Extract precisely the lines of the entries below, from the first line through the line containing "text stands for a".

┌─ Records for this exercise

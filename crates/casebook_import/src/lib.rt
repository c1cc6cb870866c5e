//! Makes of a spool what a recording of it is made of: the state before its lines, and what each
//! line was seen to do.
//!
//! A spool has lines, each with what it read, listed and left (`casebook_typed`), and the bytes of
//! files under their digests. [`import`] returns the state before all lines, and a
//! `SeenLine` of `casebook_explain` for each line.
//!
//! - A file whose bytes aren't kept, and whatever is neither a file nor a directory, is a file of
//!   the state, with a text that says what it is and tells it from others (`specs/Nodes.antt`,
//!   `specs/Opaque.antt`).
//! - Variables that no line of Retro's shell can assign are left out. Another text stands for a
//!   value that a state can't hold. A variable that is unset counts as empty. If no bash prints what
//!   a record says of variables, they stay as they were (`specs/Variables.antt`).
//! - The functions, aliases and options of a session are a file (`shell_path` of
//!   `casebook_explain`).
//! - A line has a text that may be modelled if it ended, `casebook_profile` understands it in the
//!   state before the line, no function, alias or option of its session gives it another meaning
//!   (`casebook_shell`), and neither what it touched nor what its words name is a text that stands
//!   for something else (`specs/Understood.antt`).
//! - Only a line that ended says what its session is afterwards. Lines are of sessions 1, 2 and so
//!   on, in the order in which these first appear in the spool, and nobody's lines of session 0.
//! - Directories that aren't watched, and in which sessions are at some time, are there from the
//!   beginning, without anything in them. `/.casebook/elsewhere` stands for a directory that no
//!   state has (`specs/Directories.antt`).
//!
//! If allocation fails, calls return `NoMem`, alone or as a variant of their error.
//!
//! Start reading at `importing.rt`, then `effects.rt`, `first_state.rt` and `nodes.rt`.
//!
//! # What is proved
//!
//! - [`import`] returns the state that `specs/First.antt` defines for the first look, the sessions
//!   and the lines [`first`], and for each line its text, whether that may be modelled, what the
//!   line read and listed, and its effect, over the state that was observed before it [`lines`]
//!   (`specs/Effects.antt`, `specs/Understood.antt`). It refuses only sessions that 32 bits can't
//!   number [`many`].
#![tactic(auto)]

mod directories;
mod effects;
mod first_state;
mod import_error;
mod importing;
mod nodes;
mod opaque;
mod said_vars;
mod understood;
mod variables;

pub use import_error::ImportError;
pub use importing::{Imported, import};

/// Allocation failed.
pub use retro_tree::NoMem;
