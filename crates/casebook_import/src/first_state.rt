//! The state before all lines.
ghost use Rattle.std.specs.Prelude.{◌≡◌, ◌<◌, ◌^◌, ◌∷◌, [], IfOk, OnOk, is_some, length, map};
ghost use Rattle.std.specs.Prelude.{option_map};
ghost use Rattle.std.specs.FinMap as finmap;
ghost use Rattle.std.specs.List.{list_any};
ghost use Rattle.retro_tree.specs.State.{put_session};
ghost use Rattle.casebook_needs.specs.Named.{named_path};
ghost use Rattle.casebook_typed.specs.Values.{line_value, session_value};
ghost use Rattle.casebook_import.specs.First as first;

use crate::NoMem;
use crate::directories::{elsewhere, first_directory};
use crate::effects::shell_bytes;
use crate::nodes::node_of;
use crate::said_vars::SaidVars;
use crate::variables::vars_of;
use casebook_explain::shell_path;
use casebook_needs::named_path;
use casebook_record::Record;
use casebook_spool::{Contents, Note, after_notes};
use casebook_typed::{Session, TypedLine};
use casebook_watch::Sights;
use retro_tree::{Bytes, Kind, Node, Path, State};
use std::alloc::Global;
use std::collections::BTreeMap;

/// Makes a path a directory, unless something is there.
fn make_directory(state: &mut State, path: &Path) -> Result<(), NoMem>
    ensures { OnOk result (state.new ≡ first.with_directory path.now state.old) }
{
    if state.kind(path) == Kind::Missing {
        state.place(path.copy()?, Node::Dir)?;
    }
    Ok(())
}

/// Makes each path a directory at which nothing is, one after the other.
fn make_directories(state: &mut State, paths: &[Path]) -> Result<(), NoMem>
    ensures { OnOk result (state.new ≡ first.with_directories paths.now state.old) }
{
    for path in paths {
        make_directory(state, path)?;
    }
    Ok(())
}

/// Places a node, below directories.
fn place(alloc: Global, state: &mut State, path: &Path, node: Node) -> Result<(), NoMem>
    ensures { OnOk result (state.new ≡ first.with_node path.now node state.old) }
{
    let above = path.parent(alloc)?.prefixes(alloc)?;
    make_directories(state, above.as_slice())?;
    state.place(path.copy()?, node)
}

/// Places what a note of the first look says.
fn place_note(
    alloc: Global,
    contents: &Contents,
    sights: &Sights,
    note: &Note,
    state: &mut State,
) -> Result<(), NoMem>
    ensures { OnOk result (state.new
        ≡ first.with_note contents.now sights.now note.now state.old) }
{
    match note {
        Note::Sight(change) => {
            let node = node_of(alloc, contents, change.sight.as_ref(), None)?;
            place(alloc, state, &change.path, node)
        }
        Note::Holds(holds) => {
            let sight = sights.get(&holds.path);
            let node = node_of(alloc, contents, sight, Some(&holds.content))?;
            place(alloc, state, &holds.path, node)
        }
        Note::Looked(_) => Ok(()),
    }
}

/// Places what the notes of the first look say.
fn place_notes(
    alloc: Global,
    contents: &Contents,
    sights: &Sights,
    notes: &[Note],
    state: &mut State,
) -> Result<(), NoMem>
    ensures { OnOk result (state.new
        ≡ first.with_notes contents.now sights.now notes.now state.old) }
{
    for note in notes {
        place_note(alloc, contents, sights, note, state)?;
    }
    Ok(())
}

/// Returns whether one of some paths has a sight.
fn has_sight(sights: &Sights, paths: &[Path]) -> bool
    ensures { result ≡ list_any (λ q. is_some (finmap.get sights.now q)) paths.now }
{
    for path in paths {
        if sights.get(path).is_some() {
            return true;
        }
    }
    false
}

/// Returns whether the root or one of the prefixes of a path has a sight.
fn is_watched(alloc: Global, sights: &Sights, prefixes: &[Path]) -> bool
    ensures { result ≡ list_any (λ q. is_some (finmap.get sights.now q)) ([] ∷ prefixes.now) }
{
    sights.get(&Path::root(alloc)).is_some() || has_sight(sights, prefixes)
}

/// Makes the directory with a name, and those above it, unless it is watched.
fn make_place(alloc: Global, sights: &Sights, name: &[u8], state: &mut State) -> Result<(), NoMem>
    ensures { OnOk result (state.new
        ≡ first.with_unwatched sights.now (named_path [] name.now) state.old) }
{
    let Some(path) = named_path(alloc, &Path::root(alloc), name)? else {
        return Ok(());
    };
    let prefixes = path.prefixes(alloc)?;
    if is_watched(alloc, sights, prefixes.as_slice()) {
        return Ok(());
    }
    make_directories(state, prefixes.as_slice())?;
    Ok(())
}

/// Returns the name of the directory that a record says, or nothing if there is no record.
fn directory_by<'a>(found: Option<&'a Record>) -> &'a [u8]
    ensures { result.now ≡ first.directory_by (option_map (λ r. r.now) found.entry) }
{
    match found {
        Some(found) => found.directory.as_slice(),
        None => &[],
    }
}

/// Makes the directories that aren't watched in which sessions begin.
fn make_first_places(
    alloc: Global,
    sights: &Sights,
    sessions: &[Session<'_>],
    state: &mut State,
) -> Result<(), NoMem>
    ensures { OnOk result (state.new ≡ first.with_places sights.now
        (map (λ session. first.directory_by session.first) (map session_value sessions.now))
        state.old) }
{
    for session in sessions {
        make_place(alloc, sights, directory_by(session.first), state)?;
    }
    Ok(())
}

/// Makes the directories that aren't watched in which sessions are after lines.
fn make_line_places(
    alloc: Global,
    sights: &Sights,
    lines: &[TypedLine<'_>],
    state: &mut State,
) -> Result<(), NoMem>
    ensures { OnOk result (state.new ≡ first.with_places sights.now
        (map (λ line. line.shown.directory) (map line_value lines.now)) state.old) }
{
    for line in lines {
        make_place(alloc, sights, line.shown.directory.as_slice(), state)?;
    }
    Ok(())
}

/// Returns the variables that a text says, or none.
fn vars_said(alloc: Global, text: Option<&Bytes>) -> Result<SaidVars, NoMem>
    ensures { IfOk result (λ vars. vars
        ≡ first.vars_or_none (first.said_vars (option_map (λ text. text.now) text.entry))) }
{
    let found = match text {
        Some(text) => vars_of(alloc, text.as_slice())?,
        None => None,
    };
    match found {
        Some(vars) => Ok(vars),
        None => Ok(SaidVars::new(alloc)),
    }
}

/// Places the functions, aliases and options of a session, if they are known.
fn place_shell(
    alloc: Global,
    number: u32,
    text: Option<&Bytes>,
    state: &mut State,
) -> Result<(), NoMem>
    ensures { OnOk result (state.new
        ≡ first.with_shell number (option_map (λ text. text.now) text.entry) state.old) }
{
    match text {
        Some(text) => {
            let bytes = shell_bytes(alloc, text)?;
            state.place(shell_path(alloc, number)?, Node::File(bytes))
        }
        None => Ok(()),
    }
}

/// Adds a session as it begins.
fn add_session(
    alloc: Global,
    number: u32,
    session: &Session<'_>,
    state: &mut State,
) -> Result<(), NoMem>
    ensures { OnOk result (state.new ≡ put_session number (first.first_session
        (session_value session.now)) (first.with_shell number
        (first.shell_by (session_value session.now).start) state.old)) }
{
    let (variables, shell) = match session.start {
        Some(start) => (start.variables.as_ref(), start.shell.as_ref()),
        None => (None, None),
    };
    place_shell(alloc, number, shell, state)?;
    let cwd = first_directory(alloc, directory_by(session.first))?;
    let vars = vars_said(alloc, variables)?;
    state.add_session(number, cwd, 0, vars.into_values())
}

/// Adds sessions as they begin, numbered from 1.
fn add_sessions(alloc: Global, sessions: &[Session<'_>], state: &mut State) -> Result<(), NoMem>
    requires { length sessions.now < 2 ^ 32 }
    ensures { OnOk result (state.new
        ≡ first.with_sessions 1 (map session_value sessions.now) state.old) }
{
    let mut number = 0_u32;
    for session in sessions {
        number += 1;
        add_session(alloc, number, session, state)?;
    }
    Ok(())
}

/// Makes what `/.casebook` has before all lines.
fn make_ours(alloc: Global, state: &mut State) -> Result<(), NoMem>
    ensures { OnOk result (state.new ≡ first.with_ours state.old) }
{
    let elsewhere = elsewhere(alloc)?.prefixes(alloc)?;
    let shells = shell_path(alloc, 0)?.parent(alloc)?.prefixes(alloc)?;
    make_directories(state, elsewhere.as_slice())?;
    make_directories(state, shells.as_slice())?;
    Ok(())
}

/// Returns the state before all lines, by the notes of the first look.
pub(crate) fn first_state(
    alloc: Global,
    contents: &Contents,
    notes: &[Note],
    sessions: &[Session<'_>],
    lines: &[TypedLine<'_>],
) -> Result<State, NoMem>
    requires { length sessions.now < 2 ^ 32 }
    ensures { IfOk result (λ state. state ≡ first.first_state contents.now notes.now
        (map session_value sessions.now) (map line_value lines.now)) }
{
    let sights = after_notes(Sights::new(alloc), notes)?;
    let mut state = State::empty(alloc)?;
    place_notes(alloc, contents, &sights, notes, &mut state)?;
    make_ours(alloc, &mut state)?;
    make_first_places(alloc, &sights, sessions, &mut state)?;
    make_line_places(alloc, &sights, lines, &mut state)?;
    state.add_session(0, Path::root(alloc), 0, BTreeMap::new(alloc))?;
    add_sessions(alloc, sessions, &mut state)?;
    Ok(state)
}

└─

▶ _Answer section_:
filename crates/casebook_import/src/lib.rt
repository c1cc6cb870866c5e
//! Makes of a spool what a recording of it is made of: the state before its lines, and what each
//! line was seen to do.
//!
//! A spool has lines, each with what it read, listed and left (`casebook_typed`), and the bytes of
//! files under their digests. [`import`] returns the state before all lines, and a
//! `SeenLine` of `casebook_explain` for each line.
//!
//! - A file whose bytes aren't kept, and whatever is neither a file nor a directory, is a file of
//!   the state, with a text that says what it is and tells it from others (`specs/Nodes.antt`,
//!   `specs/Opaque.antt`).
//! - Variables that no line of Retro's shell can assign are left out. Another text stands for a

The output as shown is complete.